In S14, the binder powder may be removed. When the metal powder is sintered after removal of the binder powder, a more precise dimension may be produced to form a thin film metal sintered body. Alternatively, it should be understood that there may be no need to completely remove the binder powder. In some cases, the removal of the binder powder may be omitted. When a thermoplastic resin is used as the binder powder, the binder powder may be removed by thermal decomposition. In an exemplary embodiment, the binder powder may be thermally decomposed at a higher temperature than the pressing temperature of the metal powder. Therefore, the binder powder may be decomposed after the pressing of the metal powder, thereby ensuring sufficient binding of the metal powder. Reference numeral 11 b may indicate a composite material film in which the binder powder may be removed after the metal powder is melted.

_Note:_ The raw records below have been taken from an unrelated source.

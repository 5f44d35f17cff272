// Numbers of items, as an asset holds them.
ghost use Rattle.std.specs.Prelude.{◌≡◌, ◌<◌, ◌≤◌, ◌^◌, IfOk, OnErr};

use gp_host::NoMemory;

/// The number of the item at this place. A list with more than 2^32 items is want of memory.
pub(crate) fn number_of(place: usize) -> Result<u32, NoMemory>
    ensures ok { IfOk result (λ number. number ≡ place) }
    ensures err { OnErr result (2 ^ 32 ≤ place) }
{
    u32::try_from(place).map_err(|_| NoMemory)
}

Referring to FIG. 2C, the molten metal powder may be sintered to form a thin film metal sintered body 11 c (S15). When the pressed metal powder is thermally sintered, the pressed metal powder may be closely contacted to each other and solidified to form the thin film metal sintered body 11 c. In an exemplary embodiment, the pressed metal powder may be sintered at a higher temperature than the decomposition temperature of the thermoplastic resin used for the binder powder. The sintering of the pressed metal powder after the removal of the binder powder may ensure efficient formation of the thin film metal sintered body 11 c.

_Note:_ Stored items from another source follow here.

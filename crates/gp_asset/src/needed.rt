// Which buffers need their bytes.
ghost use Rattle.std.specs.Prelude.{◌≡◌, IfOk, map};
ghost use Rattle.std.specs.List.{range_with_len};
ghost use Rattle.gp_asset.specs.Buffers.{is_needed, buffer_in_use};

use gp_fields::ViewFields;
use gp_host::NoMemory;
use std::alloc::Global;

/// Of each buffer whether a view without a compressed form, or a compressed form, refers to it.
pub(crate) fn needed_buffers(
    alloc: Global,
    views: &[ViewFields<'_>],
    buffers: usize,
) -> Result<Vec<bool>, NoMemory>
    ensures { IfOk result (λ v. v.items ≡ map (is_needed views.now) (range_with_len 0 buffers)) }
{
    let mut needed = vec![in alloc; false; buffers]?;
    'views: for at in 0..views.len() {
        let buffer = buffer_in_use(&views[at]) as usize;
        if buffer < buffers {
            needed[buffer] = true;
        }
    }
    Ok(needed)
}

// The buffer of the stream where the view has a compressed form, else its own.
fn buffer_in_use(view: &ViewFields<'_>) -> u32
    ensures { result ≡ buffer_in_use view.now.buffer view.now.packed }
{
    match &view.packed {
        None => view.buffer,
        Some(packed) => packed.buffer,
    }
}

Referring to FIG. 2D, the packing structure 12 b may be removed to form a fluid channel 12 d inside the thin film metal sintered body 1 c (S16). The packing structure 12 b made of, for example, a thermally curable resin may be removed by thermal decomposition of the thermally curable resin. In an exemplary embodiment, the thermally curable resin may be thermally decomposed at a higher temperature than the sintering temperature of the metal powder. This may result in the packing structure 12 b not being damaged during the formation of the thin film metal sintered body 11 c, which may ensure a formation of the fluid channel 12 d inside the thin film metal sintered body 11 c. A liquid cooling fluid such as, but not limited to, distilled water, methyl alcohol, an acetone, a gas cooling fluid, and/or a powder cooling fluid may be circulated through the fluid channel 12 d. It should be appreciated that other liquid cooling fluid may be used. This may result in the generated heat from a semiconductor chip provided with a thin film heat spreader to be sufficiently dissipated. Further, the fluid channel 12 d may be integrally formed with the thin film metal sintered body 11 c, unlike a method of coupling an upper plate and a lower plate to form the fluid channel. This may result in reduced or no risk of leakage of a cooling fluid circulating in the fluid channel 12 d. Furthermore, the sintering method may ensure an easier and/or less expensive procedure in manufacturing a thin film heat spreader.

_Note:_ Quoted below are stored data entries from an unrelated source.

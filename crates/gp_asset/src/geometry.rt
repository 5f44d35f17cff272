// Primitives of meshes.
use gp_fields::{Entries, Targets};

/// A primitive of a mesh (glTF 2.0, section 5.24).
#[derive(Drop)]
pub struct Primitive {
    /// The number of its mesh.
    pub mesh: u32,
    /// Its place in that mesh, counted from 0.
    pub at: u32,
    /// Its topology; 4 is a list of triangles.
    pub mode: u32,
    /// The accessors of its vertices.
    pub attributes: Entries,
    /// Its morph targets.
    pub targets: Targets,
    /// The number of the accessor of its indices.
    pub indices: Option<u32>,
}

In an exemplary embodiment, the thin film metal sintered body 11 c may be formed with a thickness d of approximately 0.1 to 3 mm. If the thickness of the thin film metal sintered body 11 c is too thin, then formation of the fluid channel 12 d inside the thin film metal sintered body 11 c may be difficult and leakage of a cooling fluid may occur. On the other hand, if the thickness of the thin film metal sintered body 11 c is too thick, the total thickness of a semiconductor chip provided with the thin film metal sintered body 11 c may increase. In an exemplary embodiment, the size of the thin film metal sintered body 11 c may be formed approximately as a semiconductor chip provided with the thin film metal sintered body 11 c.
In an exemplary embodiment, the fluid channel 12 d may be formed with a diameter r of approximately 0.1 to 2.5 mm. The diameter r of the fluid channel 12 d may be smaller than the thickness d of the thin film metal sintered body 11 c to reduce or prevent fracture of the thin film metal sintered body 11 c. If the diameter of the fluid channel 12 d is too small, the resistance of a cooling fluid flowing in the fluid channel 12 d may increase, which may reduce or prevent circulation of the cooling fluid through the fluid channel 12 d.
Another exemplary embodiment of manufacturing a thin film heat spreader according to the present invention will now be described with reference to FIGS. 3 through 4D.
Referring to FIG. 4A, a composite material film 21 a intended for a thin film metal sintered body may include at least metal powder and binder powder which may be uniformly dispersed. It should be appreciated that other powder materials may be included in the composite material film 11 a. A packing structure 22 a may be embedded in a region intended for a fluid channel inside the composite material film 21 a. In an exemplary embodiment, the composite material film 21 a may be heated to melt the binder powder (S21). The melting of the binder powder may increase flowability of the metal powder, which may improve binding of the metal powder.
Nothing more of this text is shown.